I'm going to stop asking these questions, as the head waves of acknowledgment are starting a hurricane and my house is ill-prepared for the wind onslaught.
This girl knows what I'm talking about.
Today, we're so quick to hit the camera's delete button that our most unflattering pictures are gone before our brains can even register them. Raucous laughter only counts if it's photogenic, because who wants a record of that time their face made 14 chins? This is why it's kind of weird that old-school advertisers thought disquieting images of people laughing would sell their products. Not polite chuckling. Not pretty smiling or, God help me, smizing. These were wide-eyed, open-mouthed guffaws that are unnatural to anyone outside the dentist's office.
Listen up, kids! This sexually charged rock song is HILARIOUS!
Like the word "Foghat," nothing in the ad above makes sense. The little girl looks like the TV farted in her face, and the boy has got to be playing some amazing game that couldn't have possibly existed at the time. The dad is either reliving some 'Nam shit or doing something dirty with an invisible lover. Either way, inappropriate.

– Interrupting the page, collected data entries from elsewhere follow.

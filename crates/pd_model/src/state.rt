// States: sorted sets of ground atoms.
ghost use Rattle.std.specs.Prelude.{◌≡◌, ◌++◌, ◌∷◌, [], OnOk, not};
ghost use Rattle.std.specs.List.{filter};
ghost use Rattle.pd_model.specs.State.{is_in, same_atom, SameState};

use crate::{Atom, Memory};
use std::alloc::Global;
use std::collections::BTreeSet;
use std::marker::Model;

/// A set of ground atoms, in which one is looked up in logarithmic time.
#[derive(Drop)]
pub struct State {
    alloc: Global,
    atoms: BTreeSet<Atom>,
}

impl Model for State {
    ghost use Rattle.std.specs.Prelude.{List};
    ghost use Rattle.pd_model.specs.declared.atoms.Atom.{Atom};

    ghost Value = { List Atom };

    ghost view = { λ s. s.atoms.keys };
}

impl State {
    /// The state in which no atom is true.
    pub fn new(alloc: Global) -> Self
        ensures { result ≡ [] }
    {
        State {
            alloc,
            atoms: BTreeSet::new(alloc),
        }
    }

    /// Whether the atom is true.
    pub fn has(&self, atom: &Atom) -> bool
        ensures { result ≡ is_in atom.now self.now }
    {
        self.atoms.contains(atom)
    }

    /// Makes the atom true.
    pub fn add(&mut self, atom: Atom) -> Result<(), Memory>
        ensures { OnOk result (SameState self.new (atom ∷ self.old)) }
    {
        self.atoms.insert(atom)?;
        Ok(())
    }

    /// Makes the atom false.
    pub fn remove(&mut self, atom: &Atom)
        ensures { SameState self.new (filter (λ a. not (same_atom atom.now a)) self.old) }
    {
        self.atoms.remove(atom);
    }

    /// Makes the atoms true.
    pub fn add_all(&mut self, atoms: &[Atom]) -> Result<(), Memory>
        ensures { OnOk result (SameState self.new (atoms.now ++ self.old)) }
    {
        for atom in atoms {
            self.add(atom.copied(self.alloc)?)?;
        }
        Ok(())
    }

    /// Makes the atoms of another state true.
    pub fn unite(&mut self, mut other: State) -> Result<(), Memory>
        ensures { OnOk result (SameState self.new (other ++ self.old)) }
    {
        while let Some(atom) = other.atoms.pop_first() {
            self.add(atom)?;
        }
        Ok(())
    }

    /// Makes the atoms of another state false.
    pub fn subtract(&mut self, mut other: State)
        ensures { SameState self.new (filter (λ a. not (is_in a other)) self.old) }
    {
        while let Some(atom) = other.atoms.pop_first() {
            self.remove(&atom);
        }
    }
}
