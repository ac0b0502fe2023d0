// Plans, call by call.
ghost use Rattle.std.specs.Prelude.{◌≡◌, ◌↔◌, ◌<◌, ◌^◌, ℕ, List, IfOk, OnOk, IsTrue, length};
ghost use Rattle.std.specs.List.{list_all};
ghost use Rattle.pd_model.specs.State.{SameState};
ghost use Rattle.pd_model.specs.Exec.{exec, next};
ghost use Rattle.pd_model.specs.own.Follows.{Follows};
ghost use Rattle.pd_model.specs.Fits.{is_call};
ghost use Rattle.pd_model.specs.Plan.{verdict, IsPlan};

use crate::exec::active_atoms;
use crate::instance::are_true;
use crate::state::State;
use crate::{Call, Effect, Memory, Pddl, Verdict};
use std::alloc::Global;

/// Applies the effects: the active ones are found in the state before, the deletes come before the adds.
fn apply(
    alloc: Global,
    p: &Pddl,
    state: &mut State,
    objects: &[u32],
    effects: &[Effect],
) -> Result<(), Memory>
    ensures { OnOk result (SameState state.new (next p.now state.old objects.now effects.now)) }
{
    let gains = active_atoms(alloc, p, state, objects, effects, true)?;
    let deletes = active_atoms(alloc, p, state, objects, effects, false)?;
    state.subtract(deletes);
    state.unite(gains)?;
    Ok(())
}

/// Runs the call, and answers whether it can run.
fn run_call(alloc: Global, p: &Pddl, state: &mut State, call: &Call) -> Result<bool, Memory>
    requires { IsTrue (is_call p.now call.now) }
    ensures { IfOk result (λ ran. Follows (exec p.now state.old call.now) ran state.new) }
{
    let Some(schema) = p.schemas().as_slice().get(call.schema as usize) else {
        return Ok(false);
    };
    let objects = call.objects.as_slice();
    if !are_true(alloc, state, objects, schema.pre.as_slice())? {
        return Ok(false);
    }
    apply(alloc, p, state, objects, schema.effects.as_slice())?;
    Ok(true)
}

impl Pddl {
    /// What the calls come to from the initial state on.
    pub fn run_plan(&self, alloc: Global, calls: &[Call]) -> Result<Verdict, Memory>
        requires calls { IsTrue (list_all (is_call self.now) calls.now) }
        requires few { length calls.now < 2 ^ 32 }
        ensures verdict { IfOk result (λ answer. answer ≡ verdict self.now calls.now) }
        ensures plan { IfOk result (λ answer. (answer ≡ Verdict.Reaches) ↔ IsPlan self.now calls.now) }
    {
        let mut state = State::new(alloc);
        state.add_all(self.init().as_slice())?;
        for (i, call) in calls.iter().enumerate() {
            if !run_call(alloc, self, &mut state, call)? {
                return Ok(Verdict::Blocked { index: i as u32 });
            }
        }
        if are_true(alloc, &state, &[], self.goal().as_slice())? {
            Ok(Verdict::Reaches)
        } else {
            Ok(Verdict::Short)
        }
    }
}
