// Effects.
use crate::{Pattern, Sameness, SharedConds, SharedTypeNumbers};
use containers::let_go;
use std::alloc::{AllocError, Global};
use std::marker::Model;

/// One literal that an action adds or deletes, where its condition holds before the action: once for each
/// tuple of objects that fit the types of the `forall` round it.
#[derive(Drop)]
pub struct Effect {
    /// The types of the variables of the `forall`, which follow the parameters.
    pub over: SharedTypeNumbers,
    /// What stands under `when`.
    pub cond: SharedConds,
    /// The atom that is added or deleted.
    pub atom: Pattern,
    /// Whether the atom is added; else it is deleted.
    pub adds: bool,
}

/// The effects of an action, in the order of the file. Contracts see the list of them.
///
/// Beside each it is kept whether its types and its condition are those of the effect before it, so that whoever works through
/// them need not compare what they share.
pub struct Effects {
    items: Vec<Effect>,
    marks: Vec<Sameness>,
}

impl Model for Effects {
    ghost use Rattle.std.specs.Prelude.{List};
    ghost use Rattle.pd_model.specs.declared.effects.Effect.{Effect};
    ghost use Rattle.pd_model.specs.Sameness.{AreSame, no_under};

    ghost Value = { List Effect };

    ghost view = { λ e. e.items.items };

    ghost invariant = { λ e. AreSame no_under e.items.items e.marks.items };
}

/// All parts are let go in one call, so that a proof has one step for it and not one for each part.
impl Drop for Effects {
    fn drop(self) {
        let_go!(self: Effects { items, marks });
    }
}

impl Effects {
    ghost use Rattle.std.specs.Prelude.{◌≡◌, ◌++◌, ◌∷◌, ◌<◌, [], Some, length, take, slice_get, OnOk, OnErr};
    ghost use Rattle.pd_model.specs.declared.effects.Effect.{Effect};
    ghost use Rattle.pd_model.specs.Sameness.{IsSame, last_under, no_under, under_of};

    /// No effects. They take no memory, and keep the allocator for those to come.
    pub fn new(alloc: Global) -> Self
        ensures { result ≡ [] }
    {
        Effects {
            items: Vec::new(alloc),
            marks: Vec::new(alloc),
        }
    }

    /// Adds an effect at the end, with what it shares with the one before it. The first one has no variables and no condition
    /// before it. After `AllocError` the effects are as they were.
    pub fn push(&mut self, effect: Effect, same: Sameness) -> Result<(), AllocError>
        requires { IsSame (last_under no_under self.old) (under_of effect) same }
        ensures ok { OnOk result (self.new ≡ self.old ++ effect ∷ []) }
        ensures err { OnErr result (self.new ≡ self.old) }
    {
        self.marks.truncate(self.items.len());
        self.marks.push(same)?;
        self.items.push(effect)?;
        Ok(())
    }

    /// What the effect at a place shares with the one before it.
    pub fn sameness(&self, place: usize) -> Sameness
        requires { place < length self.now }
        ensures { (e : Effect) → slice_get self.now place ≡ Some e → IsSame (last_under no_under (take place self.now)) (under_of e) result }
    {
        self.marks[place]
    }

    /// The effects, lent.
    pub fn as_slice(&self) -> &[Effect]
        ensures { result.now ≡ self.now }
    {
        &self.items
    }
}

I can understand the instinct to associate a product with fun and hilarity, even if the execution is an unmitigated mess of contorted faces. What I can't understand, and will never understand, is this:
Imagine Don and Peggy presenting this drawing to the Canada Dry people: What's really going to sell your drink is a cross-eyed, double-chinned redheaded kid having a stroke! And heeeeere he is! (Produces illustration/simultaneously cleans up the vomit in the conference room.)
I've been trying to make this exact face in the mirror for 30 minutes, and all I've learned is that it's physically impossible and that ginger ale can go back to the hell it came from.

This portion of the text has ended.